__TASK STATEMENT__
Repeat verbatim, and only, the lines of the data below, beginning at the line that contains "bytes it has." and stopping after the line that contains "(λ piece. (piece.at".

[Stored entries]
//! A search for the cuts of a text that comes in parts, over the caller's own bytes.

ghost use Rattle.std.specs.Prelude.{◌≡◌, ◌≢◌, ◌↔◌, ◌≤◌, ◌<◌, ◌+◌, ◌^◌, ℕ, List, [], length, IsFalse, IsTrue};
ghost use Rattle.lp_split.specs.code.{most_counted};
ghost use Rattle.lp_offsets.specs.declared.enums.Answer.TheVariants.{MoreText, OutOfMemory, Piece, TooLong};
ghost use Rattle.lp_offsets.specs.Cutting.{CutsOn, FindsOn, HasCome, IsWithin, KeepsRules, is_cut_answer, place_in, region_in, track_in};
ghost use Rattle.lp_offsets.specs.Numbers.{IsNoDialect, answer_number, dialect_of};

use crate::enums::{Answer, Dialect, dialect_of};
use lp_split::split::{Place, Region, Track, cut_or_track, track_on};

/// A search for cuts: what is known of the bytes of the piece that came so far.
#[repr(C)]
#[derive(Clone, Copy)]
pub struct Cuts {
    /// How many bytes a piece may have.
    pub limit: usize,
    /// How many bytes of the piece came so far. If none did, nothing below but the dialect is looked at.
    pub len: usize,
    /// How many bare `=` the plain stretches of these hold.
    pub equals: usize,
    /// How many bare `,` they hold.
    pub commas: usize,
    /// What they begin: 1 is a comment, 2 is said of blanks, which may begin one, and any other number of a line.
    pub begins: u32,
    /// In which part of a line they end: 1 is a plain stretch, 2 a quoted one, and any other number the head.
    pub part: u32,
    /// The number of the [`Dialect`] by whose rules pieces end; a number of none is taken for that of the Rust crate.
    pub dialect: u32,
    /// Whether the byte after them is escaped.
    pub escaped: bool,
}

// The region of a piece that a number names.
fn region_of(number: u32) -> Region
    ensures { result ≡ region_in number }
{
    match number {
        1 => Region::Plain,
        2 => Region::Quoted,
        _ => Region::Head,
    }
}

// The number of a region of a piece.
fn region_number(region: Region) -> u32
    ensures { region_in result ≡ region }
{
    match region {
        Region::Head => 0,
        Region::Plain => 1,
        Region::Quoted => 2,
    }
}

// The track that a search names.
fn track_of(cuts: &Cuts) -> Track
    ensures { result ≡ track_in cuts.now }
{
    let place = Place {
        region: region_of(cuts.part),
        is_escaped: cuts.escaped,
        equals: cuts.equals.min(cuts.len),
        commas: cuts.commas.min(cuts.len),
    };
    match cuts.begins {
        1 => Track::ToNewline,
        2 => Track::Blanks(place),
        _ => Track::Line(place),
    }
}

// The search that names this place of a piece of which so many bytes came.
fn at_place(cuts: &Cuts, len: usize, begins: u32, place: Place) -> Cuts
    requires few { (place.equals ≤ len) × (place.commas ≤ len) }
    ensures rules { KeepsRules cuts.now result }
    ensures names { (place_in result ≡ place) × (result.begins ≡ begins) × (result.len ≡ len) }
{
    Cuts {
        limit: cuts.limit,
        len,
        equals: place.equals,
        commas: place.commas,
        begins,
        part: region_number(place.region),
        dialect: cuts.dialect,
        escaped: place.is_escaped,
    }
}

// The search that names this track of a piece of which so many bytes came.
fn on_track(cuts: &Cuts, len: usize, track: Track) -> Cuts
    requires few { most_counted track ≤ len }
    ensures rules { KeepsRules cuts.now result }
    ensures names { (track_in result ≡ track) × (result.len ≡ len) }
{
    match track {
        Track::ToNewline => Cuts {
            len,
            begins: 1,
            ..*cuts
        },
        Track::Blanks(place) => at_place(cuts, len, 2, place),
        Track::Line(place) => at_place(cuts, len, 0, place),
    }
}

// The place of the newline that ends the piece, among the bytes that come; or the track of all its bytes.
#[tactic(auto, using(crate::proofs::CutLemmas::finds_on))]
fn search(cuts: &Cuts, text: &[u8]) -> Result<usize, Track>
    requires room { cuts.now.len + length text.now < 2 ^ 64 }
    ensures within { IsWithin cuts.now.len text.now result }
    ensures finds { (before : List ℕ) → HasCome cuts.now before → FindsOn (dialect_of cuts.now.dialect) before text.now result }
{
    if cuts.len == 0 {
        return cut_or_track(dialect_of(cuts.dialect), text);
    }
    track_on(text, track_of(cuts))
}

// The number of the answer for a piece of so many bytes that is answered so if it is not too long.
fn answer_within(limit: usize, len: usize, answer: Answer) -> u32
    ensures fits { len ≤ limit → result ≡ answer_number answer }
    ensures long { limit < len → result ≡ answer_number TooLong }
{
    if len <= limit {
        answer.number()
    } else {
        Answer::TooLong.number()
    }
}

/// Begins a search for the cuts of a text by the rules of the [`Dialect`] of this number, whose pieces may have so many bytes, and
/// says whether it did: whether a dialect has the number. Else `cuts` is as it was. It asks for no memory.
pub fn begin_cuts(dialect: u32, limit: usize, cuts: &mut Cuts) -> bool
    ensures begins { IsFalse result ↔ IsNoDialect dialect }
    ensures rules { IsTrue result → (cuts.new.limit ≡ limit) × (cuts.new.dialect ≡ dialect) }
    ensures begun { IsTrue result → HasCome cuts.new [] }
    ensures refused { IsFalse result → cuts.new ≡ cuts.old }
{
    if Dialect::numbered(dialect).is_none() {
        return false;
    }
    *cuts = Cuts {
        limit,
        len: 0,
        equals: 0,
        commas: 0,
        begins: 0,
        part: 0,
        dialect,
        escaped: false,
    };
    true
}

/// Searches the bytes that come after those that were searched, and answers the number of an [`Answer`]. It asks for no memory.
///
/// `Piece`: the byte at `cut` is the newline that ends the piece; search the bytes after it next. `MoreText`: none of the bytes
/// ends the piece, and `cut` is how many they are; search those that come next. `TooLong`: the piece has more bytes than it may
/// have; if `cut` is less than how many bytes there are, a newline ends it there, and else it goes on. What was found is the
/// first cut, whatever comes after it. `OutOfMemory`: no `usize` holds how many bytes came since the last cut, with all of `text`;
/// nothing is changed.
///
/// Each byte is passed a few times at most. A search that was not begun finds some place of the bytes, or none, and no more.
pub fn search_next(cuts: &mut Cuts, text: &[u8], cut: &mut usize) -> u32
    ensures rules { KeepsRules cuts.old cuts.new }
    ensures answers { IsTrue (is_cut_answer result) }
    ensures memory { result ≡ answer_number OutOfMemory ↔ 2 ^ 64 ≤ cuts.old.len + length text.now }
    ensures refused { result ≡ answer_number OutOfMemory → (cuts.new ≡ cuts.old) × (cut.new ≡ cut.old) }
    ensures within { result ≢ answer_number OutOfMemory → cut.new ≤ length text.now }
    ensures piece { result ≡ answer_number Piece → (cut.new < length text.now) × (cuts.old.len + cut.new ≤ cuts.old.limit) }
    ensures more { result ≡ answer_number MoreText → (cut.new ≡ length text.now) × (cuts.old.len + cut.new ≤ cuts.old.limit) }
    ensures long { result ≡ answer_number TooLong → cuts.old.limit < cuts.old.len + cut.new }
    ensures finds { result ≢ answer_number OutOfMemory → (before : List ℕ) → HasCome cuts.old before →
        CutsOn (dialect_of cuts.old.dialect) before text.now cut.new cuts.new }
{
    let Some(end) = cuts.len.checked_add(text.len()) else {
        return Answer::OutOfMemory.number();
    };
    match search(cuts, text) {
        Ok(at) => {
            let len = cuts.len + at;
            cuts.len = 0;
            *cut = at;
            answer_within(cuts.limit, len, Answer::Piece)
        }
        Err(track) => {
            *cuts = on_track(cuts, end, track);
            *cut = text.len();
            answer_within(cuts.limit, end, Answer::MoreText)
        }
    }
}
...
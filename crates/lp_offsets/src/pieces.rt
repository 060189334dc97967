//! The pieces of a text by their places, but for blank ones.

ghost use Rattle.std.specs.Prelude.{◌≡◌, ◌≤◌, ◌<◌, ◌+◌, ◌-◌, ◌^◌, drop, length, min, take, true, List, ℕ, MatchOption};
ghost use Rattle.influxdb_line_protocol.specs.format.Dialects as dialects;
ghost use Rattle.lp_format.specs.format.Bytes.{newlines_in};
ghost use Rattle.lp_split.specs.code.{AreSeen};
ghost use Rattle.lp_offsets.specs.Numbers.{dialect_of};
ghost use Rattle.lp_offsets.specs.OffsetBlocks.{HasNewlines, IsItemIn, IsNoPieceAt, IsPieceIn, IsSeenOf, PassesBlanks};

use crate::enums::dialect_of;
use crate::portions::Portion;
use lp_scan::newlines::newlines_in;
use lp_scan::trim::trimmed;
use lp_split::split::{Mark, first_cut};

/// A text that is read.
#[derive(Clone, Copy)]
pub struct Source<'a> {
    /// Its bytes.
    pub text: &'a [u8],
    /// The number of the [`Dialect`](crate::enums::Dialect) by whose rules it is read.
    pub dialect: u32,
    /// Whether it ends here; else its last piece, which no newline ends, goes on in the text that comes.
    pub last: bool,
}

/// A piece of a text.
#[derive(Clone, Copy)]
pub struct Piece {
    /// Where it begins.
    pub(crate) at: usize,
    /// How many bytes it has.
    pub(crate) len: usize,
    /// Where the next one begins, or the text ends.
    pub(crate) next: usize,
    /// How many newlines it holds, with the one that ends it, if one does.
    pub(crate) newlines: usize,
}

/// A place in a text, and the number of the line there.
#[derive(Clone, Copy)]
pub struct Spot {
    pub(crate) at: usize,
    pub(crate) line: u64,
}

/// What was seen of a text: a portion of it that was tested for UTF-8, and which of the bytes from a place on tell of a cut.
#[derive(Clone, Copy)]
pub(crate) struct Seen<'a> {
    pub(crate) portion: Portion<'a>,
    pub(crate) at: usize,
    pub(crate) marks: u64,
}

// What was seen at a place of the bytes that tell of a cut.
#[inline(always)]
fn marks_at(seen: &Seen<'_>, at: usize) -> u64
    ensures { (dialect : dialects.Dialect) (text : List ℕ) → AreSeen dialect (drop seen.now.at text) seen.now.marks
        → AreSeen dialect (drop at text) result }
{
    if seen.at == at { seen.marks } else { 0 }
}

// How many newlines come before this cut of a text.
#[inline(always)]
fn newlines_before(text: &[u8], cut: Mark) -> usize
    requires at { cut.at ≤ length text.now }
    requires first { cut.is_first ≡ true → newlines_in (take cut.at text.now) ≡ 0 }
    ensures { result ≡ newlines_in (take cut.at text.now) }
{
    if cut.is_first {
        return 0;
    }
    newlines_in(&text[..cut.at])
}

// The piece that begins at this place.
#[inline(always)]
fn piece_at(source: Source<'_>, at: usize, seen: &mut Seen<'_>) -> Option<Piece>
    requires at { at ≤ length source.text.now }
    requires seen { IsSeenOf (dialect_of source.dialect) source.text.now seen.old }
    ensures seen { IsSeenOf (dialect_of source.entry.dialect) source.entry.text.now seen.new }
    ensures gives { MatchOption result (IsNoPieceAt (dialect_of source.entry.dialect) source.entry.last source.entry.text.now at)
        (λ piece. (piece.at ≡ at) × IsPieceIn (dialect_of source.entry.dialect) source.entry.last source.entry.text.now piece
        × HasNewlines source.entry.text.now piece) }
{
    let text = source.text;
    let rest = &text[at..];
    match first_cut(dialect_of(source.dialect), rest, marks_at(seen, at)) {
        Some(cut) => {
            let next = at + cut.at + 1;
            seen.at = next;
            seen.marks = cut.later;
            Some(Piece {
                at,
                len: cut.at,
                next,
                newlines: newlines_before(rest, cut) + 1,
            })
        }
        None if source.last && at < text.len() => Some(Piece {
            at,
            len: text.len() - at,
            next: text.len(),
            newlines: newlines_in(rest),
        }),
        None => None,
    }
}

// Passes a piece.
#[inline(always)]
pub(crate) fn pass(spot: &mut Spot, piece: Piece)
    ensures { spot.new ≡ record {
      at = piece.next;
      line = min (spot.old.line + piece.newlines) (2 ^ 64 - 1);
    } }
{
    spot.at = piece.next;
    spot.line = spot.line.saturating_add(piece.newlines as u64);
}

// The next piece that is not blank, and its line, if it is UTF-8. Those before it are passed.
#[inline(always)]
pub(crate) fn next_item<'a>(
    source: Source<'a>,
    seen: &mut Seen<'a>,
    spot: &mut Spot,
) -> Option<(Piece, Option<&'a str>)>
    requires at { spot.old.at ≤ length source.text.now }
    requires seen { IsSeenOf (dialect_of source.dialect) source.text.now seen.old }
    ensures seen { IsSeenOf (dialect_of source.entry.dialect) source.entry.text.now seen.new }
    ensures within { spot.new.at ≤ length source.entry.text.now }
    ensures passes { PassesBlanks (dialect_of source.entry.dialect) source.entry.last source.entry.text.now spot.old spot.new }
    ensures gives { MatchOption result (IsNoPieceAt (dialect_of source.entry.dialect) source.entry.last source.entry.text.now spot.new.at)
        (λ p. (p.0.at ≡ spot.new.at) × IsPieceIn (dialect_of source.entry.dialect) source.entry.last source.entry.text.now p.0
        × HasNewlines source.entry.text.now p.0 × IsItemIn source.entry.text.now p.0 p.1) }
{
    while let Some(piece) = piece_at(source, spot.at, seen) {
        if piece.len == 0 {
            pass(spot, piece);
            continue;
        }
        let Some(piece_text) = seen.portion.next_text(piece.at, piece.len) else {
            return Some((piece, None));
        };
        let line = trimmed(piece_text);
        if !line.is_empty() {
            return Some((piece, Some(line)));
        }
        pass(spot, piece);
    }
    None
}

__ANSWER TO THIS TASK__
    /// How many bytes it has.
    pub(crate) len: usize,
    /// Where the next one begins, or the text ends.
    pub(crate) next: usize,
    /// How many newlines it holds, with the one that ends it, if one does.
    pub(crate) newlines: usize,
}

/// A place in a text, and the number of the line there.
#[derive(Clone, Copy)]
pub struct Spot {
    pub(crate) at: usize,
    pub(crate) line: u64,
}

/// What was seen of a text: a portion of it that was tested for UTF-8, and which of the bytes from a place on tell of a cut.
#[derive(Clone, Copy)]
pub(crate) struct Seen<'a> {
    pub(crate) portion: Portion<'a>,
    pub(crate) at: usize,
    pub(crate) marks: u64,
}

// What was seen at a place of the bytes that tell of a cut.
#[inline(always)]
fn marks_at(seen: &Seen<'_>, at: usize) -> u64
    ensures { (dialect : dialects.Dialect) (text : List ℕ) → AreSeen dialect (drop seen.now.at text) seen.now.marks
        → AreSeen dialect (drop at text) result }
{
    if seen.at == at { seen.marks } else { 0 }
}

// How many newlines come before this cut of a text.
#[inline(always)]
fn newlines_before(text: &[u8], cut: Mark) -> usize
    requires at { cut.at ≤ length text.now }
    requires first { cut.is_first ≡ true → newlines_in (take cut.at text.now) ≡ 0 }
    ensures { result ≡ newlines_in (take cut.at text.now) }
{
    if cut.is_first {
        return 0;
    }
    newlines_in(&text[..cut.at])
}

// The piece that begins at this place.
#[inline(always)]
fn piece_at(source: Source<'_>, at: usize, seen: &mut Seen<'_>) -> Option<Piece>
    requires at { at ≤ length source.text.now }
    requires seen { IsSeenOf (dialect_of source.dialect) source.text.now seen.old }
    ensures seen { IsSeenOf (dialect_of source.entry.dialect) source.entry.text.now seen.new }
    ensures gives { MatchOption result (IsNoPieceAt (dialect_of source.entry.dialect) source.entry.last source.entry.text.now at)
        (λ piece. (piece.at ≡ at) × IsPieceIn (dialect_of source.entry.dialect) source.entry.last source.entry.text.now piece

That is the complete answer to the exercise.